• **PROBLEM DETAILS**:
When you reach the line containing "fn fault_of(alloc: Global, kind: &str, with: &str)" in the entries below, start writing out each line exactly, and stop after the line containing "for byte in".

• **DATASET EXTRACT**:
.....

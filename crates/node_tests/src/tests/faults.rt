// The texts of faults: `read NAME` and `write NAME` are the faults of a file, `count NODE` that of a number, `memory` the last.
use super::*;
use collector::RunFault;

#[derive(Drop)]
struct Faults;

fn fault_of(alloc: Global, kind: &str, with: &str) -> Result<RunFault, Fail> {
    Ok(match kind {
        "read" => RunFault::ReadFault(in_name(alloc, with)?),
        "write" => RunFault::WriteFault(out_name(alloc, with, false)?),
        "count" => RunFault::CountTooLarge(with.parse()?),
        _ => RunFault::NoMemory,
    })
}

impl Bench for Faults {
    fn act(&mut self, alloc: Global, action: &str, with: &str) -> Result<Vec<u8>, Fail> {
        shown(alloc, &fault_of(alloc, action, with)?)
    }
}

#[test]
fn texts_of_faults(rt: HostRuntime) -> Result<(), Fail> {
    play(
        rt.alloc(),
        &mut Faults,
        5,
        r"read a%FFb -> F1 ReadFault: a\xFFb
read - -> F1 ReadFault: standard input
write - -> F2 WriteFault: standard output
count 2 -> F3 CountTooLarge in node 2
memory -> F4 NoMemory",
    )
}
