// paste by columns that no command makes, each a digit that is the number of its input, and without delimiters.
use super::*;
use command_words::Sequence;
use commands::PasteSpec;
use machine::{Pieces, Presence, run_whole};
use pair_filters::Paste;
use pipes::taken_out;

fn columns_by(alloc: Global, digits: &str) -> Result<Vec<usize>, Fail> {
    let mut columns = Vec::new(alloc);
    for byte in digits.as_bytes() {
        columns.push(usize::from(byte.wrapping_sub(b'0')))?;
    }
    Ok(columns)
}

fn spec_by(alloc: Global, is_serial: bool, columns: &str) -> Result<PasteSpec, Fail> {
    let columns = columns_by(alloc, columns)?;
    Ok(PasteSpec {
        delimiters: Sequence::new(alloc),
        is_serial,
        inputs: Sequence::new(alloc),
        columns: Sequence::from_vec(columns),
    })
}

fn pasted(alloc: Global, spec: &PasteSpec, input: &[u8]) -> Result<Vec<u8>, Fail> {
    let machine = Paste::new(alloc, spec, &[Presence::Present])?;
    let mut pieces = Pieces::new(alloc, 1);
    pieces.push_bytes(input)?;
    taken_out(alloc, run_whole(alloc, machine, pieces, 4096)?, b"")
}

// What paste makes of two lines by these columns.
fn makes(
    rt: &impl Abort,
    alloc: Global,
    is_serial: bool,
    columns: &str,
    wanted: &[u8],
) -> Result<(), Fail> {
    let spec = spec_by(alloc, is_serial, columns)?;
    holds(rt, &pasted(alloc, &spec, b"a\nb\n")?, wanted, columns);
    Ok(())
}

#[test]
fn columns_without_an_input(rt: HostRuntime) -> Result<(), Fail> {
    makes(&rt, rt.alloc(), false, "701", b"a\nb\n")?;
    makes(&rt, rt.alloc(), true, "7010", b"ab\n\n")?;
    makes(&rt, rt.alloc(), false, "", b"")
}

.....

• **WRITTEN REPLY**:
fn fault_of(alloc: Global, kind: &str, with: &str) -> Result<RunFault, Fail> {
    Ok(match kind {
        "read" => RunFault::ReadFault(in_name(alloc, with)?),
        "write" => RunFault::WriteFault(out_name(alloc, with, false)?),
        "count" => RunFault::CountTooLarge(with.parse()?),
        _ => RunFault::NoMemory,
    })
}

impl Bench for Faults {
    fn act(&mut self, alloc: Global, action: &str, with: &str) -> Result<Vec<u8>, Fail> {
        shown(alloc, &fault_of(alloc, action, with)?)
    }
}

#[test]
fn texts_of_faults(rt: HostRuntime) -> Result<(), Fail> {
    play(
        rt.alloc(),
        &mut Faults,
        5,
        r"read a%FFb -> F1 ReadFault: a\xFFb
read - -> F1 ReadFault: standard input
write - -> F2 WriteFault: standard output
count 2 -> F3 CountTooLarge in node 2
memory -> F4 NoMemory",
    )
}
// paste by columns that no command makes, each a digit that is the number of its input, and without delimiters.
use super::*;
use command_words::Sequence;
use commands::PasteSpec;
use machine::{Pieces, Presence, run_whole};
use pair_filters::Paste;
use pipes::taken_out;

fn columns_by(alloc: Global, digits: &str) -> Result<Vec<usize>, Fail> {
    let mut columns = Vec::new(alloc);
    for byte in digits.as_bytes() {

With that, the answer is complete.